**Exercise instructions**
All of the records must be restated exactly, with every line complete.

**Record extracts**
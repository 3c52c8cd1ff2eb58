//! The blocks of RAM, as they are told.

ghost use Rattle.std.specs.Prelude.{◌≡◌, ◌++◌, map, flat_map, OnOk};
ghost use Rattle.ir_model.specs.Plain.{firmware_of};
ghost use Rattle.ir_program.specs.Seen.{program_of};
ghost use Rattle.plan_layout.specs.Filling.{use_seen, block_seen};
ghost use Rattle.plan_model.specs.Regions.{region_at};
ghost use Rattle.aces_explain.specs.Blocks as told;

use ir_model::firmware::Firmware;
use ir_program::program::Program;
use plan_layout::ram::{Purpose, UsedBlock, falling_blocks};
use plan_model::graph::Final;
use plan_report::naming;
use plan_report::text::Text;
use std::alloc::{AllocError, Global};

/// Puts the names of the globals of a block, and how many of its bytes are used.
fn put_globals(
    text: &mut Text,
    firmware: &Firmware,
    word: &[u8],
    globals: &[u32],
    bytes: u32,
) -> Result<(), AllocError>
    ensures { OnOk result (text.new ≡ text.old ++ told.globals_text (firmware_of firmware.now) word.now globals.now bytes) }
{
    text.put(word)?;
    naming::put_globals(text, firmware, globals)?;
    text.put(b", ")?;
    text.put_decimal(u64::from(bytes))?;
    text.put(b" bytes")
}

/// The globals of a data region; none for an absent one.
fn globals_of(graph: &Final, region: u32) -> &[u32]
    ensures { result.now ≡ (region_at graph.now.regions region).globals }
{
    match graph.regions.as_slice().get(region as usize) {
        None => &[],
        Some(found) => found.globals.as_slice(),
    }
}

/// Puts what a block is for.
fn put_use(
    text: &mut Text,
    firmware: &Firmware,
    graph: &Final,
    purpose: Purpose,
    bytes: u32,
) -> Result<(), AllocError>
    ensures { OnOk result (text.new ≡ text.old ++ told.use_text (firmware_of firmware.now) graph.now (use_seen purpose) bytes) }
{
    match purpose {
        Purpose::Stack => text.put(b"stack"),
        Purpose::Monitor => text.put(b"monitor"),
        Purpose::Region(region) => {
            put_globals(text, firmware, b"data", globals_of(graph, region), bytes)
        }
        Purpose::Unwritten => {
            put_globals(
                text,
                firmware,
                b"unwritten",
                graph.unwritten.as_slice(),
                bytes,
            )
        }
    }
}

/// Puts the line of a block.
fn put_block(
    text: &mut Text,
    firmware: &Firmware,
    graph: &Final,
    block: UsedBlock,
) -> Result<(), AllocError>
    ensures { OnOk result (text.new ≡ text.old ++ told.ram_line (firmware_of firmware.now) graph.now (block_seen block)) }
{
    text.put(b"block ")?;
    text.put_decimal(u64::from(block.size))?;
    text.put(b" for ")?;
    put_use(text, firmware, graph, block.purpose, block.bytes)?;
    text.put(b"\n")
}

/// Puts the lines of blocks.
fn put_blocks(
    text: &mut Text,
    firmware: &Firmware,
    graph: &Final,
    blocks: &[UsedBlock],
) -> Result<(), AllocError>
    ensures { OnOk result (text.new ≡ text.old ++ flat_map (told.ram_line (firmware_of firmware.now) graph.now) (map block_seen blocks.now)) }
{
    for i in 0..blocks.len() {
        put_block(text, firmware, graph, blocks[i])?;
    }
    Ok(())
}

/// Puts the lines of the blocks of RAM, the largest first.
pub(crate) fn put_ram(
    alloc: Global,
    text: &mut Text,
    firmware: &Firmware,
    program: &Program,
    graph: &Final,
    stack: u32,
) -> Result<(), AllocError>
    ensures { OnOk result (text.new ≡ text.old ++ told.ram_lines (firmware_of firmware.now) (program_of program.now) graph.now stack) }
{
    let blocks = falling_blocks(alloc, program, graph, stack)?;
    put_blocks(text, firmware, graph, &blocks)
}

**Output**
repository 3c52c8cd1ff2eb58
//! The blocks of RAM, as they are told.

ghost use Rattle.std.specs.Prelude.{◌≡◌, ◌++◌, map, flat_map, OnOk};
ghost use Rattle.ir_model.specs.Plain.{firmware_of};
ghost use Rattle.ir_program.specs.Seen.{program_of};
ghost use Rattle.plan_layout.specs.Filling.{use_seen, block_seen};
ghost use Rattle.plan_model.specs.Regions.{region_at};
ghost use Rattle.aces_explain.specs.Blocks as told;

use ir_model::firmware::Firmware;
use ir_program::program::Program;
use plan_layout::ram::{Purpose, UsedBlock, falling_blocks};
use plan_model::graph::Final;
use plan_report::naming;
use plan_report::text::Text;
use std::alloc::{AllocError, Global};

/// Puts the names of the globals of a block, and how many of its bytes are used.
fn put_globals(
    text: &mut Text,
    firmware: &Firmware,
    word: &[u8],
    globals: &[u32],
    bytes: u32,
) -> Result<(), AllocError>
    ensures { OnOk result (text.new ≡ text.old ++ told.globals_text (firmware_of firmware.now) word.now globals.now bytes) }
{
    text.put(word)?;
    naming::put_globals(text, firmware, globals)?;
    text.put(b", ")?;
    text.put_decimal(u64::from(bytes))?;
    text.put(b" bytes")
}

/// The globals of a data region; none for an absent one.
fn globals_of(graph: &Final, region: u32) -> &[u32]
    ensures { result.now ≡ (region_at graph.now.regions region).globals }
{
    match graph.regions.as_slice().get(region as usize) {
        None => &[],
        Some(found) => found.globals.as_slice(),
    }
}

/// Puts what a block is for.
fn put_use(
    text: &mut Text,
    firmware: &Firmware,
    graph: &Final,
    purpose: Purpose,
    bytes: u32,
) -> Result<(), AllocError>
    ensures { OnOk result (text.new ≡ text.old ++ told.use_text (firmware_of firmware.now) graph.now (use_seen purpose) bytes) }
{
    match purpose {
        Purpose::Stack => text.put(b"stack"),
        Purpose::Monitor => text.put(b"monitor"),
        Purpose::Region(region) => {
            put_globals(text, firmware, b"data", globals_of(graph, region), bytes)
        }
        Purpose::Unwritten => {
            put_globals(
                text,
                firmware,
                b"unwritten",
                graph.unwritten.as_slice(),
                bytes,
            )
        }
    }
}

/// Puts the line of a block.
fn put_block(
    text: &mut Text,
    firmware: &Firmware,
    graph: &Final,
    block: UsedBlock,
) -> Result<(), AllocError>
    ensures { OnOk result (text.new ≡ text.old ++ told.ram_line (firmware_of firmware.now) graph.now (block_seen block)) }
{
    text.put(b"block ")?;
    text.put_decimal(u64::from(block.size))?;
    text.put(b" for ")?;
    put_use(text, firmware, graph, block.purpose, block.bytes)?;
    text.put(b"\n")
}

/// Puts the lines of blocks.
fn put_blocks(
    text: &mut Text,
    firmware: &Firmware,
    graph: &Final,
    blocks: &[UsedBlock],
) -> Result<(), AllocError>
    ensures { OnOk result (text.new ≡ text.old ++ flat_map (told.ram_line (firmware_of firmware.now) graph.now) (map block_seen blocks.now)) }
{
    for i in 0..blocks.len() {
        put_block(text, firmware, graph, blocks[i])?;
    }
    Ok(())
}

/// Puts the lines of the blocks of RAM, the largest first.
pub(crate) fn put_ram(
    alloc: Global,
    text: &mut Text,
    firmware: &Firmware,
    program: &Program,
    graph: &Final,
    stack: u32,
) -> Result<(), AllocError>
    ensures { OnOk result (text.new ≡ text.old ++ told.ram_lines (firmware_of firmware.now) (program_of program.now) graph.now stack) }
{
    let blocks = falling_blocks(alloc, program, graph, stack)?;
    put_blocks(text, firmware, graph, &blocks)
}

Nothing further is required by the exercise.